▶ _EXERCISE INSTRUCTIONS_:
Output the data word for word. Begin at its first line and end at the line with "const MADE: &str".
+++
/// The file with both versions, of order 100 at generation 1, and of order 101 at generation 2.
const BOTH_FILE: Words = &[
    "01000000 00000000 00000000 00000001 00000000 00000040 00000000 00000034",
    "01000000 00000000 00000000 00000002 00000000 00000074 00000000 00000034",
    VERSION_100,
    "00000001 00000065 00000002 6d310000 00000001",
    "00000005 616c7068 61000000 0000000e 31302e30 2e302e31 20616c70 68610000",
];

/// MATCH of `alpha` in that map, behind the word of its number.
const MATCH: &str =
    "00000000 00000002 000186a4 00000002 00000003 00000000 00000000 00000000 00000000
    00000003 6c616200 0000000c 686f7374 732e6279 6e616d65 00000005 616c7068 61000000";

/// MAKE of the map of hosts by name, number 2, and number 4.
const MAKE: &str = "80000034 00000002 00000000 00000002 20004e49 00000001 00000001
    00000000 00000000 00000000 00000000 00000003 6c616200 00000005";

const SECOND_MAKE: &str = "80000034 00000004 00000000 00000002 20004e49 00000001 00000001
    00000000 00000000 00000000 00000000 00000003 6c616200 00000005";

/// Replies to MATCH, behind the word of their number: the row of `alpha`, and no such map.
const ADDRESS: &str = "00000001 00000000 00000000 00000000 00000000
    00000001 0000000e 31302e30 2e302e31 20616c70 68610000";

const NOMAP: &str = "00000001 00000000 00000000 00000000 00000000 ffffffff 00000000";

/// Replies to MAKE: SUCC, and FILE.
const MADE: &str = "00000001 00000000 00000000 00000000 00000000 00000001";

const UNMADE: &str = "00000001 00000000 00000000 00000000 00000000 fffffff7";

/// MATCH, MAKE and MATCH, over a map without a version.
const MADE_ONCE: Row = Row {
    name: "make, then match",
    words: &["session", "m1", "127.0.0.1:40000", "lab/hosts.byname"],
    input: &["8000004c 00000001", MATCH, MAKE, "8000004c 00000003", MATCH],
    sources: &[("hosts", "10.0.0.1 alpha\n")],
    moment: 100,
    replies: &[
        "80000020 00000001",
        NOMAP,
        "8000001c 00000002",
        MADE,
        "80000030 00000003",
        ADDRESS,
    ],
    stands: FIRST,
    left: FILE,
    ..FAIR
};

const FIRST: Stands = Some((100, 1, false));

const NEXT: Stands = Some((101, 1, false));

/// The same calls, and MAKE and MATCH once more.
const TWICE: Words = &[
    "8000004c 00000001",
    MATCH,
    MAKE,
    "8000004c 00000003",
    MATCH,
    SECOND_MAKE,
    "8000004c 00000005",
    MATCH,
];

/// A text that can't be read: the first MAKE has FILE, and the next one makes the map.
const NO_TEXT: Row = Row {
    name: "no text at first",
    input: TWICE,
    texts: 0,
    replies: &[
        "80000020 00000001",
        NOMAP,
        "8000001c 00000002",
        UNMADE,
        "80000020 00000003",
        NOMAP,
        "8000001c 00000004",
        MADE,
        "80000030 00000005",
        ADDRESS,
    ],
    ..MADE_ONCE
};

/// MATCH of `alpha` in the map `addr` of `lab`, behind the word of its number.
const MATCH_ADDR: &str =
    "00000000 00000002 000186a4 00000002 00000003 00000000 00000000 00000000 00000000
    00000003 6c616200 00000004 61646472 00000005 616c7068 61000000";

/// The making of that map by its name, number 2.
const MAKE_ADDR: &str = "80000038 00000002 00000000 00000002 20004e49 00000001 00000002
    00000000 00000000 00000000 00000000 00000003 6c616200 00000004 61646472";

/// The same of the map of hosts by name.
const MAKE_HOSTS: &str = "80000040 00000002 00000000 00000002 20004e49 00000001 00000002
    00000000 00000000 00000000 00000000 00000003 6c616200 0000000c 686f7374 732e6279 6e616d65";

/// Its reply with REFUSED.
const REFUSED: &str = "00000001 00000000 00000000 00000000 00000000 fffffff2";

/// MATCH, the making of a map of rows by its name, and MATCH, over a map without a version.
const NAMED: Row = Row {
    name: "a map of rows by its name",
    words: &["session", "m1", "127.0.0.1:40000", "lab/addr"],
    input: &[
        "80000044 00000001",
        MATCH_ADDR,
        MAKE_ADDR,
        "80000044 00000003",
        MATCH_ADDR,
    ],
    sources: &[("addr", "alpha\t10.0.0.1 alpha\n")],
    ..MADE_ONCE
};

/// What can't be made.
const NAMED_UNMADE: Row = Row {
    name: "there is no text with the name of the map",
    sources: &[("hosts", "10.0.0.1 alpha\n")],
    replies: &[
        "80000020 00000001",
        NOMAP,
        "8000001c 00000002",
        UNMADE,
        "80000020 00000003",
        NOMAP,
    ],
    stands: None,
    left: &[],
    ..NAMED
};

static MADE_BY_NAME: [Row; 4] = [
    NAMED,
    Row {
        name: "a map of a kind by its name",
        input: &[
            "8000004c 00000001",
            MATCH,
            MAKE_HOSTS,
            "8000004c 00000003",
            MATCH,
        ],
        ..MADE_ONCE
    },
    NAMED_UNMADE,
    Row {
        name: "by its name for another host",
        words: &["session", "m1", "10.0.0.9:700", "lab/addr"],
        sources: &[("addr", "alpha\t10.0.0.1 alpha\n")],
        replies: &[
            "80000020 00000001",
            NOMAP,
            "8000001c 00000002",
            REFUSED,
            "80000020 00000003",
            NOMAP,
        ],
        ..NAMED_UNMADE
    },
];

/// No call is read. Each record takes a read for its head and one for its body, and the end of the input one.
const UNREAD: Row = Row {
    name: "the first head isn't read",
    reads: 0,
    code: 3,
    cut: 0,
    note: "yp: read fault\n",
    stands: None,
    left: &[],
    ..MADE_ONCE
};

/// MAKE was read and done.
const UNREAD_BEHIND: Row = Row {
    name: "the third head isn't read",
    reads: 4,
    cut: 68,
    stands: FIRST,
    left: FILE,
    ..UNREAD
};

static READS: [Row; 9] = [
    MADE_ONCE,
    UNREAD,
    Row {
        name: "the first body isn't read",
        reads: 1,
        ..UNREAD
    },
    Row {
        name: "the second head isn't read",
        reads: 2,
        cut: 36,
        ..UNREAD
    },
    Row {
        name: "the second body isn't read",
        reads: 3,
        cut: 36,
        ..UNREAD
    },
    UNREAD_BEHIND,
    Row {
        name: "the third body isn't read",
        reads: 5,
        ..UNREAD_BEHIND
    },
    Row {
        name: "the end isn't read",
        reads: 6,
        cut: 120,
        ..UNREAD_BEHIND
    },
    Row {
        name: "no eighth read",
        reads: 7,
        ..MADE_ONCE
    },
];

/// No reply is written. Each takes a write and a flush; MAKE is carried out before its reply.
const UNWRITTEN: Row = Row {
    name: "the first reply isn't written",
    writes: 0,
    code: 4,
    cut: 0,
    note: "yp: write fault\n",
    stands: None,
    left: &[],
    ..MADE_ONCE
};

const UNWRITTEN_BEHIND: Row = Row {
    name: "the second reply isn't written",
    writes: 2,
    cut: 36,
    stands: FIRST,
    left: FILE,
    ..UNWRITTEN
};

static WRITES: [Row; 8] = [
    UNWRITTEN,
    Row {
        name: "the first reply isn't flushed",
        writes: 1,
        cut: 36,
        ..UNWRITTEN
    },
    UNWRITTEN_BEHIND,
    Row {
        name: "the second reply isn't flushed",
        writes: 3,
        cut: 68,
        ..UNWRITTEN_BEHIND
    },
    Row {
        name: "the third reply isn't written",
        writes: 4,
        cut: 68,
        ..UNWRITTEN_BEHIND
    },
    Row {
        name: "the third reply isn't flushed",
        writes: 5,
        cut: 120,
        ..UNWRITTEN_BEHIND
    },
    Row {
        name: "no seventh call of the output",
        writes: 6,
        ..MADE_ONCE
    },
    NO_TEXT,
];

#[test]
fn made_by_name(rt: HostRuntime) {
    try_rows(&rt, rt.alloc(), &MADE_BY_NAME);
}

#[test]
fn each_read_fails(rt: HostRuntime) {
    try_rows(&rt, rt.alloc(), &READS);
}

#[test]
fn each_call_of_the_output_and_a_text_fail(rt: HostRuntime) {
    try_rows(&rt, rt.alloc(), &WRITES);
}

// ---- the disk

const NOT_LOADED: Row = Row {
    name: "the file isn't loaded",
    input: TWICE,
    code: 10,
    replies: &[],
    note: "yp: disk fault in lab/hosts.byname\n",
    stands: None,
    left: &[],
    ..MADE_ONCE
};

/// The first MAKE isn't installed, and the next one is: behind what the file stands for then, which is none up to the
/// last call of the first install.
const INSTALLED_LATE: Row = Row {
    name: "an install fails",
    texts: NEVER,
    ..NO_TEXT
};

const INSTALLED_BEHIND: Row = Row {
    name: "the last call of an install fails",
    stands: NEXT,
    left: BOTH_FILE,
    ..INSTALLED_LATE
};

/// The disk stops: both MAKEs have FILE.
const STOPPED: Row = Row {
    name: "the disk stops",
    replies: &[
        "80000020 00000001",
        NOMAP,
        "8000001c 00000002",
        UNMADE,
        "80000020 00000003",
        NOMAP,
        "8000001c 00000004",
        UNMADE,
        "80000020 00000005",
        NOMAP,
    ],
    stands: None,
    torn: true,
    ..INSTALLED_LATE
};

/// The same calls over a file without a version, and over one with the version of order 100, behind a crash.
const BOTH_MADE: After = After {
    stands: None,
    again: Row {
        name: "behind a crash that lost the version",
        replies: &[
            "80000020 00000001",
            NOMAP,
            "8000001c 00000002",
            MADE,
            "80000030 00000003",
            ADDRESS,
            "8000001c 00000004",
            MADE,
            "80000030 00000005",
            ADDRESS,
        ],
        stands: NEXT,
        torn: true,
        ..INSTALLED_LATE
    },
};

const MADE_OVER: After = After {
    stands: FIRST,
    again: Row {
        name: "behind a crash that kept the version",
        replies: &[
            "80000030 00000001",
            ADDRESS,
            "8000001c 00000002",
            MADE,
            "80000030 00000003",
            ADDRESS,
            "8000001c 00000004",
            MADE,
            "80000030 00000005",
            ADDRESS,
        ],
        stands: Some((102, 1, false)),
        torn: true,
        ..INSTALLED_LATE
    },
};

/// Two calls load the empty file, and nine install the first version.
static LOADS: [DiskCalls; 1] = [DiskCalls {
    row: NOT_LOADED,
    first: 0,
    last: 1,
    after: &[BOTH_MADE],
}];

static INSTALLS: [DiskCalls; 2] = [
    DiskCalls {
        row: INSTALLED_LATE,
        first: 2,
        last: 9,
        after: &[MADE_OVER],
    },
    DiskCalls {
        row: INSTALLED_BEHIND,
        first: 10,
        last: 10,
        after: &[],
    },
];

/// Where the disk stops at the last call, the sync, the file reads as the new version until a crash.
static STOPS: [DiskCalls; 2] = [
    DiskCalls {
        row: STOPPED,
        first: 2,
        last: 9,
        after: &[BOTH_MADE],
    },
    DiskCalls {
        row: Row {
            stands: FIRST,
            ..STOPPED
        },
        first: 10,
        last: 10,
        after: &[BOTH_MADE, MADE_OVER],
    },
];

#[test]
fn disk_that_is_not_loaded(rt: HostRuntime) {
    try_disks(&rt, rt.alloc(), &LOADS);
}

#[test]
fn each_disk_call_fails(rt: HostRuntime) {
    let alloc = rt.alloc();
    for calls in &INSTALLS {
        try_alone(alloc, &rt, calls).expect(&rt, calls.row.name);
    }
}

#[test]
fn disk_stops_at_each_call(rt: HostRuntime) {
    let alloc = rt.alloc();
    for calls in &STOPS {
        try_stops(alloc, &rt, calls).expect(&rt, calls.row.name);
    }
}

// ---- a transfer

/// Where the letter of a transfer goes.
const CALLER: Peer = Peer {
    addr: [127, 0, 0, 1],
    port: 7_002,
};

/// The letter of transaction 9, up to its status; and the statuses of transfers.
const LETTER: &str = "00000009 00000000 00000002 40000000 00000001 00000001
    00000000 00000000 00000000 00000000 00000009";

const SUCC: Datagram = Datagram {
    peer: CALLER,
    bytes: &[LETTER, "00000001"],
};

const RPC: Datagram = Datagram {
    peer: CALLER,
    bytes: &[LETTER, "fffffffc"],
};

const NO_FILE: Datagram = Datagram {
    peer: CALLER,
    bytes: &[LETTER, "fffffff7"],
};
+++
▶ _EXERCISE SOLUTION_:
/// The file with both versions, of order 100 at generation 1, and of order 101 at generation 2.
const BOTH_FILE: Words = &[
    "01000000 00000000 00000000 00000001 00000000 00000040 00000000 00000034",
    "01000000 00000000 00000000 00000002 00000000 00000074 00000000 00000034",
    VERSION_100,
    "00000001 00000065 00000002 6d310000 00000001",
    "00000005 616c7068 61000000 0000000e 31302e30 2e302e31 20616c70 68610000",
];

/// MATCH of `alpha` in that map, behind the word of its number.
const MATCH: &str =
    "00000000 00000002 000186a4 00000002 00000003 00000000 00000000 00000000 00000000
    00000003 6c616200 0000000c 686f7374 732e6279 6e616d65 00000005 616c7068 61000000";

/// MAKE of the map of hosts by name, number 2, and number 4.
const MAKE: &str = "80000034 00000002 00000000 00000002 20004e49 00000001 00000001
    00000000 00000000 00000000 00000000 00000003 6c616200 00000005";

const SECOND_MAKE: &str = "80000034 00000004 00000000 00000002 20004e49 00000001 00000001
    00000000 00000000 00000000 00000000 00000003 6c616200 00000005";

/// Replies to MATCH, behind the word of their number: the row of `alpha`, and no such map.
const ADDRESS: &str = "00000001 00000000 00000000 00000000 00000000
    00000001 0000000e 31302e30 2e302e31 20616c70 68610000";

const NOMAP: &str = "00000001 00000000 00000000 00000000 00000000 ffffffff 00000000";

/// Replies to MAKE: SUCC, and FILE.
const MADE: &str = "00000001 00000000 00000000 00000000 00000000 00000001";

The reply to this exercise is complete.